__Exercise instructions__
Copy out each line in the listing below where the word "pattern" appears.

__Information provided__
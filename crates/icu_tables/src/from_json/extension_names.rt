//! What parts of extensions are called.
ghost use Rattle.std.specs.Prelude.{◌≡◌};
ghost use Rattle.icu_tables.specs.inner.Further.{names_seen};

use crate::TableError;
use crate::from_json::members::{AddsRows, map_in};
use crate::from_json::objects::{MemberReader, only_members, required};
use crate::from_json::values::FromValue;
use icu_provider::{ExtensionNames, SortedMap, TableText};
use serde_json::Value;
use std::alloc::Global;

// A text of any content.
impl FromValue for TableText {
    ghost use Rattle.std.specs.Prelude.{List, ℕ};
    ghost use Rattle.icu_tables.specs.Shape.{text};

    ghost Seen = { List ℕ };

    ghost seen = { λ t. t };

    ghost shape = { text };

    fn from_value(alloc: Global, value: &Value) -> Result<Self, TableError> {
        match value.as_str() {
            Some(text) => Ok(TableText::of(alloc, text)?),
            None => Err(TableError::Shape),
        }
    }
}

// Adds one row for each member, whose name is a text of any content.
#[derive(Clone, Copy)]
pub(crate) struct ByText;

impl<V: FromValue> AddsRows<TableText, V> for ByText {
    ghost use Rattle.icu_tables.specs.Supplement.{row_by_text};

    ghost Seen = { V.Seen };

    ghost seen = { V.seen };

    ghost says = { λ _. row_by_text V.shape };

    fn add(
        &self,
        alloc: Global,
        name: &str,
        value: &Value,
        rows: &mut Vec<(TableText, V)>,
    ) -> Result<(), TableError> {
        let held = V::from_value(alloc, value)?;
        let key = TableText::of(alloc, name)?;
        rows.push((key, held))?;
        Ok(())
    }
}

// Names by the text of what they name.
impl FromValue for SortedMap<TableText, TableText> {
    ghost use Rattle.icu_tables.specs.Rows.{seen_rows};
    ghost use Rattle.icu_tables.specs.Supplement.{Names, names_by_text};

    ghost Seen = { Names };

    ghost seen = { seen_rows (λ t. t) };

    ghost shape = { names_by_text };

    fn from_value(alloc: Global, value: &Value) -> Result<Self, TableError> {
        map_in(alloc, value, &ByText)
    }
}

impl FromValue for ExtensionNames {
    ghost use Rattle.icu_provider.specs.declared.extension_names.ExtensionNames.{ExtensionNames};
    ghost use Rattle.icu_tables.specs.Supplement.{extension_names};

    ghost Seen = { ExtensionNames };

    ghost seen = { names_seen };

    ghost shape = { extension_names };

    fn from_value(alloc: Global, value: &Value) -> Result<Self, TableError> {
        only_members(value, &["pattern", "types", "keys", "values"])?;
        let mut names = ExtensionNames::new(alloc, required(alloc, value, "pattern")?);
        MemberReader::of(alloc, value)
            .fill_by("types", &ByText, &mut names.types)
            .fill("keys", &mut names.keys)
            .fill_by("values", &ByText, &mut names.values)
            .finish(names)
    }
}
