//! Supplements in a JSON text.
ghost use Rattle.icu_tables.specs.inner.Further.{supplement_seen};

use crate::from_json::locales::Locales;
use crate::from_json::members::RowByRow;
use crate::from_json::objects::{MemberReader, only_members};
use crate::from_json::preferred::{FieldKeys, KeywordKeys};
use crate::from_json::values::FromValue;
use crate::{Supplement, TableError};
use serde_json::Value;
use std::alloc::Global;

impl FromValue for Supplement {
    ghost use Rattle.icu_tables.specs.Supplement.{SupplementRows, supplement};

    ghost Seen = { SupplementRows };

    ghost seen = { supplement_seen };

    ghost shape = { supplement };

    fn from_value(alloc: Global, value: &Value) -> Result<Self, TableError> {
        only_members(
            value,
            &[
                "parents",
                "matching",
                "keywords",
                "fields",
                "extension_names",
                "cldr",
                "validity",
            ],
        )?;
        let mut supplement = Supplement::new(alloc);
        MemberReader::of(alloc, value)
            .fill_by(
                "parents",
                &RowByRow { keys: Locales },
                &mut supplement.parents,
            )
            .fill("matching", &mut supplement.matching)
            .fill_by(
                "keywords",
                &RowByRow { keys: KeywordKeys },
                &mut supplement.keywords,
            )
            .fill_by(
                "fields",
                &RowByRow { keys: FieldKeys },
                &mut supplement.fields,
            )
            .fill_by(
                "extension_names",
                &RowByRow { keys: Locales },
                &mut supplement.extension_names,
            )
            .fill("cldr", &mut supplement.cldr)
            .fill("validity", &mut supplement.validity)
            .finish(supplement)
    }
}
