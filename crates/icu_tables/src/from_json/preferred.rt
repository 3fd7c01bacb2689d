//! Aliases of values: a value of a keyword or of a field, and the one that is preferred to it.
ghost use Rattle.std.specs.Prelude.{◌≡◌};
ghost use Rattle.serde_json.specs.View.{view};
ghost use Rattle.icu_tables.specs.Puts.{map_by};
ghost use Rattle.icu_tables.specs.Rows.{seen_rows};
ghost use Rattle.icu_tables.specs.Supplement.{alias_row};
ghost use Rattle.icu_tables.specs.inner.Reads.{Reads};

use crate::TableError;
use crate::from_json::keys::RowKey;
use crate::from_json::members::{AddsRows, NamesKeys, map_in};
use crate::from_json::subtags::FromText;
use crate::from_json::values::FromValue;
use icu_locale_core::{Key, ParseError, Value};
use icu_locale_extensions::{FieldKey, Subtags};
use icu_provider::SortedMap;
use serde_json::Value as Json;
use std::alloc::{AllocError, Global};
use std::cmp::Ord;

// A value that is read from a text in any case, or a subtag in written form. The pieces of a value may take memory.
pub(crate) trait ReadsValue: Ord + Drop {
    ghost use Rattle.std.specs.Prelude.{◌≡◌, List, ℕ, Option, IfOk};

    ghost reads: { List ℕ → Option Self };

    fn read(alloc: Global, text: &str) -> Result<Option<Self>, AllocError>
        ensures { IfOk result (λ read. read ≡ reads text.now) };
}

impl ReadsValue for Value {
    ghost use Rattle.icu_tables.specs.Values.{keyword_value};

    ghost reads = { keyword_value };

    fn read(alloc: Global, text: &str) -> Result<Option<Self>, AllocError> {
        match Value::try_from_str(alloc, text) {
            Ok(value) => Ok(Some(value)),
            Err(ParseError::InvalidSubtag) => Ok(None),
            Err(_) => Err(AllocError),
        }
    }
}

impl ReadsValue for Subtags<3> {
    ghost use Rattle.icu_tables.specs.Values.{field_value};

    ghost reads = { field_value };

    fn read(alloc: Global, text: &str) -> Result<Option<Self>, AllocError> {
        match Subtags::try_from_str(alloc, text) {
            Ok(value) => Ok(Some(value)),
            Err(ParseError::InvalidSubtag) => Ok(None),
            Err(_) => Err(AllocError),
        }
    }
}

// A subtag in written form, which takes no memory.
impl<T: FromText> ReadsValue for T {
    ghost use Rattle.icu_tables.specs.Subtags.{key_of};

    ghost reads = { key_of T.written T.reads };

    fn read(_alloc: Global, text: &str) -> Result<Option<Self>, AllocError> {
        Ok(T::from_name(text))
    }
}

// Adds the value that is preferred to the one that a member is named by.
pub(crate) struct Preferred;

impl<T: ReadsValue> AddsRows<T, T> for Preferred {
    ghost Seen = { T };

    ghost seen = { λ v. v };

    ghost says = { λ _. alias_row T.reads };

    fn add(
        &self,
        alloc: Global,
        name: &str,
        value: &Json,
        rows: &mut Vec<(T, T)>,
    ) -> Result<(), TableError> {
        let Some(text) = value.as_str() else {
            return Err(TableError::Shape);
        };
        let Some(preferred) = T::read(alloc, text)? else {
            return Err(TableError::Shape);
        };
        if let Some(aliased) = T::read(alloc, name)? {
            rows.push((aliased, preferred))?;
        }
        Ok(())
    }
}

// The aliases that the members of an object say.
fn aliases_in<T: ReadsValue>(alloc: Global, value: &Json) -> Result<SortedMap<T, T>, TableError>
    ensures { Reads (seen_rows (λ v. v)) result
        (map_by T.cmp (alias_row T.reads) (view value.now)) }
{
    map_in(alloc, value, &Preferred)
}

// The aliases of the values of a keyword.
impl FromValue for SortedMap<Value, Value> {
    ghost use Rattle.std.specs.Prelude.{List};
    ghost use Rattle.std.specs.Cmp.Lexicographic.{slice_cmp};
    ghost use Rattle.icu_locale_core.specs.TextSet.{text_cmp};
    ghost use Rattle.icu_tables.specs.Rows.{seen_rows};
    ghost use Rattle.icu_tables.specs.Values.{Pieces, keyword_value};

    ghost Seen = { List (Pieces × Pieces) };

    ghost seen = { seen_rows (λ v. v) };

    ghost shape = { map_by (slice_cmp text_cmp) (alias_row keyword_value) };

    fn from_value(alloc: Global, value: &Json) -> Result<Self, TableError> {
        aliases_in(alloc, value)
    }
}

// The aliases of the values of a field.
impl FromValue for SortedMap<Subtags<3>, Subtags<3>> {
    ghost use Rattle.std.specs.Prelude.{List};
    ghost use Rattle.std.specs.Cmp.Lexicographic.{slice_cmp};
    ghost use Rattle.icu_locale_core.specs.TextSet.{text_cmp};
    ghost use Rattle.icu_tables.specs.Rows.{seen_rows};
    ghost use Rattle.icu_tables.specs.Values.{Pieces, field_value};

    ghost Seen = { List (Pieces × Pieces) };

    ghost seen = { seen_rows (λ v. v) };

    ghost shape = { map_by (slice_cmp text_cmp) (alias_row field_value) };

    fn from_value(alloc: Global, value: &Json) -> Result<Self, TableError> {
        aliases_in(alloc, value)
    }
}

// Keys of keywords.
#[derive(Clone, Copy)]
pub(crate) struct KeywordKeys;

impl NamesKeys<Key> for KeywordKeys {
    ghost use Rattle.icu_tables.specs.Values.{keyword_key};

    ghost key = { λ _. keyword_key };

    fn key_named(&self, name: &str) -> Option<Key> {
        let key = Key::try_from_bytes(name.as_bytes())?;
        if key.as_str() == name {
            Some(key)
        } else {
            None
        }
    }
}

// Keys of fields.
#[derive(Clone, Copy)]
pub(crate) struct FieldKeys;

impl NamesKeys<FieldKey> for FieldKeys {
    ghost use Rattle.icu_tables.specs.Values.{field_key};

    ghost key = { λ _. field_key };

    fn key_named(&self, name: &str) -> Option<FieldKey> {
        let key = FieldKey::try_from_bytes(name.as_bytes())?;
        if key.as_str() == name {
            Some(key)
        } else {
            None
        }
    }
}
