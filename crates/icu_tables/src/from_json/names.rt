//! Markers, keys and values of names, and of names in menus.
ghost use Rattle.std.specs.Prelude.{◌≡◌};

use crate::from_json::keys::RowKey;
use crate::from_json::locales::locale_named;
use crate::from_json::marked::{MarkedKey, Marker, named_among};
use crate::from_json::rows::FromRows;
use crate::from_json::values::FromValue;
use crate::kinds::{names_languages, names_regions, names_scripts};
use crate::{NameRows, TableError};
use icu_locale_core::{Language, Region, Script, Variant};
use icu_provider::{DataLocale, MenuMarker, MenuNameParts, NameKey, NameMarker, TableText};
use serde_json::Value;
use std::alloc::{AllocError, Global};

impl FromRows<(NameMarker, DataLocale, NameKey), TableText> for NameRows {
    ghost use Rattle.std.specs.Prelude.{◌≡◌, IfOk};
    ghost use Rattle.icu_provider.specs.Requests.{name_cmp};
    ghost use Rattle.icu_provider.specs.SortedMaps.{IsSortedMap};

    ghost kept = { λ names. names };

    // Rows come in order, so that none has to make room, and a group is noted when the next begins.
    fn from_rows(
        alloc: Global,
        rows: Vec<((NameMarker, DataLocale, NameKey), TableText)>,
    ) -> Result<Self, AllocError>
        requires { IsSortedMap name_cmp rows.items }
        ensures { IfOk result (λ names. names ≡ rows.items) }
    {
        let mut names = NameRows::new(alloc);
        let mut group = None;
        for ((marker, locale, key), name) in rows {
            enter_group(alloc, &mut names, &mut group, &marker, &locale)?;
            let Ok(()) = names.put(alloc, marker, locale, key, name) else {
                return Err(AllocError);
            };
        }
        note_group(alloc, &mut names, group)?;
        Ok(names)
    }
}

// Goes on to the group of a marker and a locale, and notes the one before, where that is another.
fn enter_group(
    alloc: Global,
    names: &mut NameRows,
    group: &mut Option<(NameMarker, DataLocale)>,
    marker: &NameMarker,
    locale: &DataLocale,
) -> Result<(), AllocError>
    ensures { names.new ≡ names.old }
{
    if is_group(group, marker, locale) {
        return Ok(());
    }
    note_group(alloc, names, *group)?;
    *group = Some((*marker, *locale));
    Ok(())
}

// Whether these are the marker and the locale of a group.
fn is_group(
    group: &Option<(NameMarker, DataLocale)>,
    marker: &NameMarker,
    locale: &DataLocale,
) -> bool {
    match group {
        Some(group) => group.0 == *marker && group.1 == *locale,
        None => false,
    }
}

// Notes where the names of a group are, once they are all there.
fn note_group(
    alloc: Global,
    names: &mut NameRows,
    group: Option<(NameMarker, DataLocale)>,
) -> Result<(), AllocError>
    ensures { names.new ≡ names.old }
{
    let Some((marker, locale)) = group else {
        return Ok(());
    };
    match names.note(alloc, marker, locale) {
        Ok(()) => Ok(()),
        Err(_) => Err(AllocError),
    }
}

const NAME_MARKERS: [(&str, NameMarker); 16] = [
    ("region/medium/tiny", NameMarker::RegionMediumTiny),
    ("region/medium/light", NameMarker::RegionMediumLight),
    ("region/short/tiny", NameMarker::RegionShortTiny),
    ("region/short/light", NameMarker::RegionShortLight),
    ("language/medium/tiny", NameMarker::LanguageMediumTiny),
    ("language/medium/light", NameMarker::LanguageMediumLight),
    ("language/medium/heavy", NameMarker::LanguageMediumHeavy),
    ("language/short/light", NameMarker::LanguageShortLight),
    ("language/short/heavy", NameMarker::LanguageShortHeavy),
    ("language/long/light", NameMarker::LanguageLongLight),
    ("language/long/heavy", NameMarker::LanguageLongHeavy),
    ("script/medium/tiny", NameMarker::ScriptMediumTiny),
    ("script/medium/light", NameMarker::ScriptMediumLight),
    ("script/medium/heavy", NameMarker::ScriptMediumHeavy),
    ("script/short/heavy", NameMarker::ScriptShortHeavy),
    ("variant/medium/heavy", NameMarker::VariantMediumHeavy),
];

impl Marker for NameMarker {
    ghost use Rattle.icu_tables.specs.Names.{name_markers};

    ghost markers = { name_markers };

    fn marker_named(name: &str) -> Option<NameMarker> {
        named_among(&NAME_MARKERS, name)
    }
}

// A key of the marker's kind.
impl MarkedKey<NameMarker> for NameKey {
    ghost use Rattle.icu_tables.specs.Names.{name_key};

    ghost marked_key = { name_key };

    fn key_named(marker: NameMarker, name: &str) -> Option<NameKey> {
        if names_languages(marker) {
            let locale = locale_named(name)?;
            Some(NameKey::Language(locale.language, locale.script, locale.region))
        } else if names_scripts(marker) {
            Some(NameKey::Script(Script::from_name(name)?))
        } else if names_regions(marker) {
            Some(NameKey::Region(Region::from_name(name)?))
        } else {
            Some(NameKey::Variant(Variant::from_name(name)?))
        }
    }
}

impl FromValue for MenuNameParts {
    ghost use Rattle.icu_provider.specs.declared.names.MenuNameParts.{MenuNameParts};
    ghost use Rattle.icu_tables.specs.NamedRows.{menu_name};

    ghost Seen = { MenuNameParts };

    ghost seen = { λ name. name };

    ghost shape = { menu_name };

    fn from_value(alloc: Global, value: &Value) -> Result<Self, TableError> {
        let (core, extension) = <(String, String)>::from_value(alloc, value)?;
        Ok(MenuNameParts { core, extension })
    }
}

const MENU_MARKERS: [(&str, MenuMarker); 2] = [
    ("language/menu/medium/light", MenuMarker::MediumLight),
    ("language/menu/medium/heavy", MenuMarker::MediumHeavy),
];

impl Marker for MenuMarker {
    ghost use Rattle.icu_tables.specs.Names.{menu_markers};

    ghost markers = { menu_markers };

    fn marker_named(name: &str) -> Option<MenuMarker> {
        named_among(&MENU_MARKERS, name)
    }
}

impl MarkedKey<MenuMarker> for Language {
    ghost use Rattle.icu_tables.specs.Subtags.{language_key};

    ghost marked_key = { λ _. language_key };

    fn key_named(_marker: MenuMarker, name: &str) -> Option<Language> {
        Language::from_name(name)
    }
}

__Expected answer__
        only_members(value, &["pattern", "types", "keys", "values"])?;
        let mut names = ExtensionNames::new(alloc, required(alloc, value, "pattern")?);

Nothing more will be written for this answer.